◆ What you should do:
From the data below, set down exactly the lines between the one holding "pub const STORE_FLAG: u16 = 29;" and the one holding "pub const FDX_FORMAT: u16 = 40;", inclusive, and no others.

◆ Records shown:

◇ ◇ ◇

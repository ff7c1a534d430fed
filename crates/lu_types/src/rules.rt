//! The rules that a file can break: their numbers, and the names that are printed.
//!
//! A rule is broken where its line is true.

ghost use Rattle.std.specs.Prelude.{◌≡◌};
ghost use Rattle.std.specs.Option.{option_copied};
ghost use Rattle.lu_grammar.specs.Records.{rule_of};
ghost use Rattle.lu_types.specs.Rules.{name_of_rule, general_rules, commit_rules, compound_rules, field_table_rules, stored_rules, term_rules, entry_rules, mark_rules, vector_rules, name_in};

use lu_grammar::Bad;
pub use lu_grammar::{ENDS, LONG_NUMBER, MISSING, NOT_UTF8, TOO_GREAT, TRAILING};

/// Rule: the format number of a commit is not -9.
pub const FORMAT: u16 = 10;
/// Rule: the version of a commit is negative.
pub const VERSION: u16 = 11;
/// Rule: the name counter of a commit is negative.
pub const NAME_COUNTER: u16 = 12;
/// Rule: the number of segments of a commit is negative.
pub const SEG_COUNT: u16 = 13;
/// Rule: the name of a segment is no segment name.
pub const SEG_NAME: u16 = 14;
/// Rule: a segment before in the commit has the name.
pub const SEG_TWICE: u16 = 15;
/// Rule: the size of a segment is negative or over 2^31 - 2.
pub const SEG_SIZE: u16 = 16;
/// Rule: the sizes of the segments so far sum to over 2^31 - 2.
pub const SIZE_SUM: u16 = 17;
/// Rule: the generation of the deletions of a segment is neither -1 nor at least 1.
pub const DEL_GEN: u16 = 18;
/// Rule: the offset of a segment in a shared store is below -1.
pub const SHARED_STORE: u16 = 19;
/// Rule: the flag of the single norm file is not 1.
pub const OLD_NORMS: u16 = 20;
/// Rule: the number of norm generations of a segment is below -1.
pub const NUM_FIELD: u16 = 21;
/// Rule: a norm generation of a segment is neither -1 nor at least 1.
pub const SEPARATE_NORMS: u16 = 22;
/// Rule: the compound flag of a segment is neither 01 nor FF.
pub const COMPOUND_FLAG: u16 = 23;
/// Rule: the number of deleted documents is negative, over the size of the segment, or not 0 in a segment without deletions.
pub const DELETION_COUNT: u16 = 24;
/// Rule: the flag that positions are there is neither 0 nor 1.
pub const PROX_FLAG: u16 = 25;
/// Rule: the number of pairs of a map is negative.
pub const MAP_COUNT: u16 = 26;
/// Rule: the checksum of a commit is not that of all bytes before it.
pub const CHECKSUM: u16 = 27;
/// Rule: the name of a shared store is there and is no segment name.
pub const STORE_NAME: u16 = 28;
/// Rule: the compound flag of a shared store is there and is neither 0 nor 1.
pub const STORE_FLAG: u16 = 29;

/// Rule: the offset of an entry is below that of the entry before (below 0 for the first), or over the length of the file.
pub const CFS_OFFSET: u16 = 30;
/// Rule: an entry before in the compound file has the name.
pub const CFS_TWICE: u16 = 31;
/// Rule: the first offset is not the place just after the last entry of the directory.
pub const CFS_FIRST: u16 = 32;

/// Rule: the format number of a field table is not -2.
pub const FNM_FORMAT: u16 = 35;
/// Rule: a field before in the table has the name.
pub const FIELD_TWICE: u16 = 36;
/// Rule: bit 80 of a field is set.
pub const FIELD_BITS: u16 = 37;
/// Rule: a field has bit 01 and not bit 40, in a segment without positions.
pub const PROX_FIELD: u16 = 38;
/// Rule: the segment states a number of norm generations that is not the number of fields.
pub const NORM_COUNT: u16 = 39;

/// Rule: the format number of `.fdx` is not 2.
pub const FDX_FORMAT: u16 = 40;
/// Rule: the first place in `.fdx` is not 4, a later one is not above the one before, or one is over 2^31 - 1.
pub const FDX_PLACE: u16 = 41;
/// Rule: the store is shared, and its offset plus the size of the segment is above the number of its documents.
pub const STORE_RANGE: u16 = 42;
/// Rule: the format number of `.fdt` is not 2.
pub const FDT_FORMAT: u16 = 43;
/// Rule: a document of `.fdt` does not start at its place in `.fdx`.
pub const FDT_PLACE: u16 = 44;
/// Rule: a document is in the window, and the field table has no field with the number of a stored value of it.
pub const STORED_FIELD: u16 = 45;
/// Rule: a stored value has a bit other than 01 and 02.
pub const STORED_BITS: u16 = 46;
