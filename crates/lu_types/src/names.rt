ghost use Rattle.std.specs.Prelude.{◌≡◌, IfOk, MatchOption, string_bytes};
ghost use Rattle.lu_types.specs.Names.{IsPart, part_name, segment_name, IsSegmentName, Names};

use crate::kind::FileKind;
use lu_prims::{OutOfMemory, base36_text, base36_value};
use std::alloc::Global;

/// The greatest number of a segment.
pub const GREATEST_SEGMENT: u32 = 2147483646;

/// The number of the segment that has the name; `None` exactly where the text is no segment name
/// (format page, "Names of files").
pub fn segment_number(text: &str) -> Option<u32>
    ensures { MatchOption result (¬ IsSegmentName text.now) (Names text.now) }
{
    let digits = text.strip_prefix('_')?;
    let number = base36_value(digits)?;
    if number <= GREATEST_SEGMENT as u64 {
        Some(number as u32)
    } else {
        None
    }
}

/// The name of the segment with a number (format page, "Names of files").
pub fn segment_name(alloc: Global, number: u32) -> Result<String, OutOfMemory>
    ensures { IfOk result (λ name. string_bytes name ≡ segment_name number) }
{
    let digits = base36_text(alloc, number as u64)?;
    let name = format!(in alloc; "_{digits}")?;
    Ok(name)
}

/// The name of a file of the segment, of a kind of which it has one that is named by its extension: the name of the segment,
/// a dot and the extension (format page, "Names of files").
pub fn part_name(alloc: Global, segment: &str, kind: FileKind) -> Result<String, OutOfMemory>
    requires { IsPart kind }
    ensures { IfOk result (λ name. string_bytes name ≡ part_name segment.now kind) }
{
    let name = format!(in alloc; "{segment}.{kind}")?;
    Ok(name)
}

◇ ◇ ◇

◆ Response area:
pub const STORE_FLAG: u16 = 29;

/// Rule: the offset of an entry is below that of the entry before (below 0 for the first), or over the length of the file.
pub const CFS_OFFSET: u16 = 30;
/// Rule: an entry before in the compound file has the name.
pub const CFS_TWICE: u16 = 31;
/// Rule: the first offset is not the place just after the last entry of the directory.
pub const CFS_FIRST: u16 = 32;

/// Rule: the format number of a field table is not -2.
pub const FNM_FORMAT: u16 = 35;
/// Rule: a field before in the table has the name.
pub const FIELD_TWICE: u16 = 36;
/// Rule: bit 80 of a field is set.
pub const FIELD_BITS: u16 = 37;
/// Rule: a field has bit 01 and not bit 40, in a segment without positions.
pub const PROX_FIELD: u16 = 38;
/// Rule: the segment states a number of norm generations that is not the number of fields.
pub const NORM_COUNT: u16 = 39;

/// Rule: the format number of `.fdx` is not 2.
pub const FDX_FORMAT: u16 = 40;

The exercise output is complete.